From assembly source to machine code
An ARM processor executes 32‑bit instruction words fetched from memory. The assembler translates human‑readable mnemonics into these words according to the ARM Instruction Set Architecture (ISA). For this primer we assume:
- All instructions are 32 bits wide and word‑aligned.
- The PC value seen by an instruction equals the address of the current instruction + 8 bytes.
A minimal startup example
// startup.s
ldr r2, str1 @ load literal into r2
b . @ infinite loop
str1: .word 0xDEADBEEF
This tiny program:
- Loads the 32‑bit constant
0xDEADBEEFintor2. - Enters an intentional infinite loop.

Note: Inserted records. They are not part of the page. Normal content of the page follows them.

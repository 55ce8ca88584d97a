//! The property that the comparison finds the same as the plain search, which tries all small situations in the order
//! of docs/reference/lists.md, "Comparison", over lists that look random. `grants` shows each difference too. Where the
//! lists of many groups differ is worked by hand from the first match (RFC 8881, section 6.2.1).

use super::differences::is_shown_by_grants;
use super::harness::{Dice, GROUP, INHERIT_ONLY, READ_DATA};
use acl_lists_for_tests::{ALLOW, AceRow, DENY, ace_of, built, kept};
use acl_nfs4::{Acl, PushFault};
use acl_normal::{Difference, compare, plain};
use acl_perm::Kind;
use std::alloc::{AllocError, Global};
use std::process::Abort;

// Whom the compared lists name.
static PEOPLE: [(u32, &[u8]); 8] = [
    (0, b"OWNER@"),
    (0, b"a"),
    (0, b"ab"),
    (0, b"GROUP@"),
    (GROUP, b"a"),
    (GROUP, b"b"),
    (GROUP | INHERIT_ONLY, b"abc"),
    (0, b"EVERYONE@"),
];

fn any_row(dice: &mut Dice) -> AceRow {
    let kind = if dice.below(2) == 0 { ALLOW } else { DENY };
    let (flags, who) = PEOPLE
        .get(dice.below(8) as usize)
        .copied()
        .unwrap_or((0, b"bob"));
    (kind, flags, dice.below(4), who)
}

fn any_rows(alloc: Global, dice: &mut Dice) -> Result<Vec<AceRow>, AllocError> {
    let mut rows = Vec::new(alloc);
    for _ in 0..dice.below(6).saturating_add(2) {
        rows.push(any_row(dice))?;
    }
    Ok(rows)
}

// The same rows with two of them exchanged or without the last one, or other rows.
fn other_rows(alloc: Global, dice: &mut Dice, rows: &[AceRow]) -> Result<Vec<AceRow>, AllocError> {
    let mut others = Vec::from_slice(alloc, rows)?;
    match dice.below(4) {
        0 => any_rows(alloc, dice),
        1 => {
            others.pop();
            Ok(others)
        }
        _ => {
            let (i, j) = (dice.below(6) as usize, dice.below(6) as usize);
            if i < others.len() && j < others.len() {
                others.swap(i, j);
            }
            Ok(others)
        }
    }
}

// Returns whether two mentioned principals match the requester of the difference. A name that begins with `u` or `g` is
// strange, because no name of these lists begins so.
fn is_of_two(d: &Difference) -> bool {
    let is_named = !d.user.starts_with(b"u");
    let is_owner = d.owner == d.user;
    let is_in_owning_group = d.groups.contains(&d.group);
    let groups = d
        .groups
        .iter()
        .filter(|group| !group.starts_with(b"g"))
        .count();
    let others = usize::from(is_named) + usize::from(is_owner) + usize::from(is_in_owning_group);
    groups.saturating_add(others) == 2
}

/// Returns whether two answers are the same.
pub fn same_difference(d: &Option<Difference>, e: &Option<Difference>) -> bool {
    match (d, e) {
        (None, None) => true,
        (Some(d), Some(e)) => {
            d.owner == e.owner
                && d.group == e.group
                && d.user == e.user
                && d.groups == e.groups
                && d.bit == e.bit
                && d.first_grants == e.first_grants
        }
        _ => false,
    }
}

// Returns whether the plain search finds the same.
fn is_same_plainly(
    alloc: Global,
    first: &Acl,
    second: &Acl,
    found: &Option<Difference>,
) -> Result<bool, AllocError> {
    let slow = plain::compare(alloc, first, second)?;
    Ok(same_difference(found, &slow))
}

// `None` if the lists do not differ, and otherwise whether two principals match in the difference.
fn found_by_both(
    rt: &impl Abort,
    alloc: Global,
    first: &Acl,
    second: &Acl,
) -> Result<Option<bool>, AllocError> {
    let found = compare(alloc, first, second)?;
    assert!(rt; is_same_plainly(alloc, first, second, &found)?);
    match &found {
        None => Ok(None),
        Some(d) => {
            assert!(rt; is_shown_by_grants(first, second, d));
            Ok(Some(is_of_two(d)))
        }
    }
}

fn found_of_rows(
    rt: &impl Abort,
    alloc: Global,
    rows: &[AceRow],
    others: &[AceRow],
) -> Result<Option<bool>, PushFault> {
    let first = built(alloc, rows)?;
    let second = built(alloc, others)?;
    kept(found_by_both(rt, alloc, &first, &second))
}

fn found_of_next(
    rt: &impl Abort,
    alloc: Global,
    dice: &mut Dice,
) -> Result<Option<bool>, PushFault> {
    let rows = kept(any_rows(alloc, dice))?;
    let others = kept(other_rows(alloc, dice, &rows))?;
    found_of_rows(rt, alloc, &rows, &others)
}

fn push_group(list: &mut Acl, kind: Kind, number: u8) -> Result<(), PushFault> {
    let who = [b'a' + number / 16, b'a' + number % 16];
    match ace_of((kind, GROUP, READ_DATA, &who)) {
        Some(ace) => list.push(ace),
        None => Ok(()),
    }
}

// DENY for many groups, and ALLOW for one more group before or after the last DENY.
fn many_groups(alloc: Global, count: u8, is_before: bool) -> Result<Acl, PushFault> {
    let mut list = Acl::new(alloc);
    for number in 1..count {
        push_group(&mut list, DENY, number)?;
    }
    if is_before {
        push_group(&mut list, ALLOW, 255)?;
    }
    push_group(&mut list, DENY, 0)?;
    if !is_before {
        push_group(&mut list, ALLOW, 255)?;
    }
    Ok(list)
}

fn found_of_groups(
    rt: &impl Abort,
    alloc: Global,
    count: u8,
    is_before: bool,
) -> Result<Option<bool>, PushFault> {
    let first = many_groups(alloc, count, true)?;
    let second = many_groups(alloc, count, is_before)?;
    kept(found_by_both(rt, alloc, &first, &second))
}

mod ample {
    use super::*;

    #[test]
    fn compare_finds_the_same_difference_as_the_plain_search(
        rt: HostRuntime,
    ) -> Result<(), PushFault> {
        let mut dice = Dice { state: 2026 };
        let (mut same, mut apart, mut by_two) = (0u32, 0u32, 0u32);
        for _ in 0..2_500 {
            match found_of_next(&rt, rt.alloc(), &mut dice)? {
                None => same = same.saturating_add(1),
                Some(is_by_two) => {
                    apart = apart.saturating_add(1);
                    by_two = by_two.saturating_add(u32::from(is_by_two));
                }
            }
        }
        // There are enough pairs of each sort.
        assert!(rt;
            same > 300 && apart > 300 && by_two > 20,
            "{same} {apart} {by_two}"
        );
        Ok(())
    }

    // The lists differ only for a member of two groups, or not at all.
    #[test]
    fn compare_finds_the_pair_of_many_groups_at_which_two_lists_differ(rt: HostRuntime) {
        for count in [41, 64, 128u8] {
            assert!(rt; found_of_groups(&rt, rt.alloc(), count, false) == Ok(Some(true)));
            assert!(rt; found_of_groups(&rt, rt.alloc(), count, true) == Ok(None));
        }
    }
}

- Places the literal value in memory.
How labels and offsets are resolved
Because the source resides in a single section, the assembler can compute absolute addresses directly—no linker relocations are needed.
| Address | Source | Machine code |
|---|---|---|
| 0x00 | ldr r2, str1 | 0xE59F2000 |
| 0x04 | b . | 0xEAFFFFFE |
| 0x08 | str1: .word 0xDEADBEEF | 0xDEADBEEF |
Encoding ldr r2, str1
The LDR Rd, [PC, #offset] form uses PC‑relative addressing.
- PC during execution = instruction address + 8 →
0x00 + 0x08 = 0x08 - Target address = address of
str1=0x08 - Required offset =
0x08 – 0x08 = 0
| Field | Bits | Value (binary) | Meaning |
|---|---|---|---|
| Condition | 31‑28 | 1110 (E) | Always |
| Opcode | 27‑20 | 01011001 | LDR (immediate) |
| Base register (Rn) | 19‑16 | 1111 (PC) | — |
| Destination (Rd) | 15‑12 | 0010 (R2) | — |
| Offset | 11‑0 | 000000000000 | 0 |
Final instruction word: 0xE59F2000
Encoding b .
Branch instructions also use PC‑relative addressing.
- Instruction address =
0x04 - Effective PC =
0x04 + 0x08 = 0x0C - Target address (
.) =0x04 - Byte offset =
0x04 – 0x0C = -8→ in words:-8 / 4 = -2
The 24‑bit two’s‑complement representation of -2 is 0xFFFFFFFE.
Final instruction word: 0xEAFFFFFE
Why b . becomes an infinite loop
During execution:
- PC after fetching the branch =
0x0C. - Decoded offset =
-2words →-8bytes. - Branch target =
0x0C + (-8) = 0x04, i.e., the address of the branch itself.
Thus control returns to the same instruction repeatedly, forming a tight infinite loop that consumes no stack, registers, or additional memory.
Why this pattern is used in bare‑metal code
- Halting when an unrecoverable error occurs.
- Waiting for a debugger to attach.
- Placeholder during early bring‑up of hardware.
- Explicit end‑of‑program marker in minimal examples.
Encoding .word 0xDEADBEEF
.word is an assembler directive, not an executable instruction.
- It reserves 4 bytes at the current location.
- The literal
0xDEADBEEFis emitted verbatim. - The CPU will only interpret it as data unless execution jumps into that region.
How instructions appear in memory (little‑endian)
In little‑endian ARM, each 32‑bit word is stored byte‑reversed.
| Address offset | Byte |
|---|---|
| +0 | 00 |
| +1 | 20 |
| +2 | 9F |
| +3 | E5 |
The same ordering applies to all instructions and data words.
From source to raw binary
# Assemble and link
arm-none-eabi-as -o startup.o startup.s
arm-none-eabi-ld -o first-hang.elf startup.o
arm-none-eabi-objcopy -O binary first-hang.elf first-hang.bin
# Hex dump of the final binary
hexdump -C first-hang.bin
# 00000000 00 20 9f e5 fe ff ff ea ef be ad de |. ..........|
# 0000000c
# Interpreted as 32‑bit words (little‑endian)
xxd -e first-hang.bin
# 00000000: e59f2000 eafffffe deadbeef
The output matches the expected encoding derived earlier.